On the strong subdifferentiability of the homogeneous polynomials and (symmetric) tensor products

TL;DR

This paper investigates the strong subdifferentiability of norms in spaces of homogeneous polynomials and tensor products, providing characterizations, reflexivity implications, and positive results for specific tensor norms on classical sequence spaces.

Contribution

It characterizes strong subdifferentiability in polynomial and tensor product spaces, linking it to reflexivity and providing new positive results for specific tensor norms.

Findings

Characterization of strong subdifferentiability for polynomial and tensor spaces.

Improved reflexivity results for spaces of polynomials and multilinear mappings.

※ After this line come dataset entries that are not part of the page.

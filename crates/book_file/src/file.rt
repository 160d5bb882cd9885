//! Reads and audits the database file at a path.
ghost use Rattle.std.specs.Prelude.{◌≡◌, ◌⊎◌, false, IfErr, IfOk, IfSome, IsOk, IsSome};
ghost use Rattle.sqlite.specs.WalFiles.{image_at};
ghost use Rattle.sqlite.specs.WalReads.{AreClean};
ghost use Rattle.sqlite_std_file.specs.File.{IsFresh};
ghost use Rattle.store_files.specs.Wal.{IsWholeWal};
ghost use Rattle.book_file.specs.Files.{AreOnlyRead, IsAnswer, IsOfPath, IsReadOf, empty};
ghost use Rattle.book_file.specs.Found.{HasVerdict};
ghost use Rattle.book_file.specs.Left.{HoldsStill, IsLeft, IsLog, WereClosed, unguarded};

use crate::book::Book;
use crate::guarded::Guarded;
use crate::opening::{GuardedFile, open_guarded};
use crate::reading::read_book;
use examination::Difference;
use over_tables::{Cause, FileFault};
use sqlite::{Connection, Error, ErrorCode, FileFrom, FileStore};
use sqlite_disk::{self, Disk, Start};
use std::alloc::{AllocError, AllocGlobal, Global};
use std::fs::Files;
use store_files::{
    Place, files_at, has_log, has_more, place_of, refuse_damaged, refuse_damaged_at, unopened,
};

/// The result of reading a database file, and its two files if they were opened.
pub type BookWithFiles<S> = (
    Result<Book, FileFault>,
    Option<sqlite_disk::Files<FileFrom<S>>>,
);

/// Reads and audits the database file at `path`, and returns its two files if they were opened.
/// `start` represents the contents of the two files before the call.
///
/// The database file isn't written, and the WAL keeps everything that it has for the database file.
/// If the two files have returned what was written to them, the book has the rows of the database
/// that they held when they were opened, and the WAL had lost no commits. They still hold this
/// database, even after a crash. Opening the database may write to the WAL, and no checkpoint
/// follows.
///
/// The answers of the file system have no contract. Only tests therefore show which files are
/// opened, that an error without files has a true cause, and that the bytes of the WAL don't
/// change.
///
/// # Errors
///
/// Returns the reason why the file isn't read. Rows that break an audit rule aren't an error.
///
/// - `NotOurs`: the file doesn't exist or is empty, its WAL is damaged, SQLite can't open it, or
///   its tables don't have the form of any schema version.
/// - `Damaged`: a row has a value that no row of its table can have.
/// - `Storage`: the device of the file failed.
/// - `Memory`: an allocation fails.
pub fn book_in<S: Start>(rt: &HostRuntime, path: &str, start: S) -> BookWithFiles<S>
    ensures { IsAnswer ⟦<GuardedFile<S> as Disk>⟧ IsFresh result }
{
    match place_of(rt, path) {
        Ok(Place::File { is_sqlite: _ }) => match refuse_blank(rt, path) {
            Ok(()) => book_at(rt, path, start),
            Err(fault) => (Err(fault), None),
        },
        Ok(Place::NoFile) => {
            let cause = Cause::NoFile;
            (Err(FileFault::NotOurs { cause }), None)
        }
        place => {
            let refused = Error::SqliteFailure(ErrorCode::CannotOpen);
            (Err(unopened(refused, place)), None)
        }
    }
}

// Refuses a file in which SQLite would create a database. If its WAL is damaged, the fault reports
// the damage.
fn refuse_blank(rt: &HostRuntime, path: &str) -> Result<(), FileFault>
    ensures { IfErr result IsOfPath }
{
    match is_blank(rt, path) {
        Ok(true) => Err(blank(rt, path)),
        Ok(false) => Ok(()),
        Err(AllocError) => Err(FileFault::Memory),
    }
}

// Returns the refusal of a file in which SQLite would create a database.
fn blank(rt: &HostRuntime, path: &str) -> FileFault
    ensures { IsOfPath result }
{
    match refuse_damaged_at(rt, path) {
        Ok(()) => empty(),
        Err(fault) => fault,
    }
}

// Returns the refusal of a file without tables.
fn empty() -> FileFault
    ensures { result ≡ empty }
{
    let difference = Difference::Empty;
    let cause = Cause::Tables { difference };
    FileFault::NotOurs { cause }
}

// Returns `true` if SQLite would create a database in the file. It would then drop the WAL, so an
// empty file is never opened, even if its WAL has commits.
fn is_blank<R: Files + AllocGlobal>(rt: &R, path: &str) -> Result<bool, AllocError> {
    Ok(!has_more(rt, path, 0)? || (!has_more(rt, path, 1)? && !has_log(rt, path)?))
}

// Reads and audits the database file at `path`, which isn't empty. Both files are locked from
// before the WAL is examined until they are closed. SQLite gets them only if the WAL isn't damaged,
// because it drops everything after the damage when it opens the files.
fn book_at<S: Start>(rt: &HostRuntime, path: &str, start: S) -> BookWithFiles<S>
    ensures { IsAnswer ⟦<GuardedFile<S> as Disk>⟧ IsFresh result }
{
    let mut files = match files_at(rt, path, start) {
        Ok(files) => files,
        Err(error) => return (Err(unopened(error, place_of(rt, path))), None),
    };
    match refuse_damaged(rt.alloc(), &mut files) {
        Ok(()) => read_files(rt, path, files),
        Err(fault) => (Err(fault), Some(files)),
    }
}

// Reads and audits the database in the two files at `path`, whose WAL isn't damaged.
fn read_files<S: Start>(
    rt: &HostRuntime,
    path: &str,
    files: sqlite_disk::Files<FileFrom<S>>,
) -> BookWithFiles<S>
    requires read { AreOnlyRead ⟦<FileFrom<S> as Disk>⟧ IsFresh (image_at S.Start) files }
    requires whole { AreClean ⟦<FileFrom<S> as Disk>⟧ files.log files.db
        → IsWholeWal (image_at S.Start) }
    ensures { IsAnswer ⟦<GuardedFile<S> as Disk>⟧ IsFresh result }
{
    match open_guarded(rt, files) {
        Ok(conn) => {
            let (read, files) = read_and_leave(rt.alloc(), conn);
            with_files(read, files)
        }
        Err((_, Some(files))) if files.db.was_to_be_written() => with_files(Err(empty()), files),
        Err((error, Some(files))) => with_files(Err(unopened(error, place_of(rt, path))), files),
        Err((error, None)) => (Err(unopened(error, place_of(rt, path))), None),
    }
}

// Reads and audits the database `conn`, and closes its files without a checkpoint.
fn read_and_leave<D: Disk + Drop>(
    alloc: Global,
    mut conn: Connection<FileStore<D>>,
) -> (Result<Book, FileFault>, sqlite_disk::Files<D>)
    requires { conn.in_transaction ≡ false }
    ensures verdict { IfOk result.0 (λ book. HasVerdict book.tables book.failing) }
    ensures read { AreClean D.Disk result.1.log result.1.db → IsReadOf conn result.0 result.1 }
    ensures closed { WereClosed D.Disk result.1 }
{
    let read = read_book(alloc, &mut conn);
    let files = leave(conn);
    (read, files)
}

// Returns `read` with the two files, which are no longer guarded. If the WAL was returned as the
// database file, returns `Storage` without files.
fn with_files<D: Disk + Drop, S: Start>(
    read: Result<Book, FileFault>,
    files: sqlite_disk::Files<Guarded<D, S>>,
) -> (Result<Book, FileFault>, Option<sqlite_disk::Files<D>>)
    requires { IfOk read (λ book. HasVerdict book.tables book.failing) }
    ensures verdict { IfOk result.0 (λ book. HasVerdict book.tables book.failing) }
    ensures given { IsOk result.0 → IsSome result.1 }
    ensures left { IfSome result.1 (λ files. HoldsStill D.Disk S.Start.db files.db) }
    ensures same { (result ≡ (read, Some (unguarded files)))
        ⊎ (IsLog files.db × (result ≡ (Err FileFault.Storage, None))) }
{
    let log = files.log.into_file();
    match files.db.into_database() {
        Some(db) => (read, Some(sqlite_disk::Files { log, db })),
        None => (Err(FileFault::Storage), None),
    }
}

// Closes the files of a connection without a checkpoint.
fn leave<D: Disk + Drop>(conn: Connection<FileStore<D>>) -> sqlite_disk::Files<D>
    ensures { IsLeft conn result }
{
    conn.into_store().close()
}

Positive results on strong subdifferentiability of tensor norms on classical sequence spaces.

Abstract

In this paper, we study the (uniform) strong subdifferentiability of the norms of the Banach spaces $\mathcal{P}(^N X, Y^*)$, $X \hat{\otimes}_\pi \cdots \hat{\otimes}_\pi X$ and $\hat{\otimes}_{\pi_s,N} X$. Among other results, we characterize when the norms of the spaces $\mathcal{P}(^N \ell_p, \ell_{q}), \mathcal{P}(^N l_{M_1}, l_{M_2})$, and $\mathcal{P}(^N d(w,p), l_{M_2})$ are strongly subdifferentiable. Analogous results for multilinear mappings are also obtained. Since strong subdifferentiability of a dual space implies reflexivity, we improve some known results on the reflexivity of spaces of $N$-homogeneous polynomials and $N$-linear mappings. Concerning the projective (symmetric) tensor norms, we provide positive results on the subsets $U$ and $U_s$ of elementary tensors on the unit spheres of $X \hat{\otimes}_\pi \cdots \hat{\otimes}_\pi X$ and $\hat{\otimes}_{\pi_s,N} X$, respectively. Specifically, we prove that $\hat{\otimes}_{\pi_s,N} \ell_2$ and $\ell_2 \hat{\otimes}_\pi \cdots \hat{\otimes}_\pi \ell_2$ are uniformly strongly subdifferentiable on $U_s$ and $U$, respectively, and that $c_0 \hat{\otimes}_{\pi_s} c_0$ and $c_0 \hat{\otimes}_\pi c_0$ are strongly subdifferentiable on $U_s$ and $U$, respectively, in the complex case.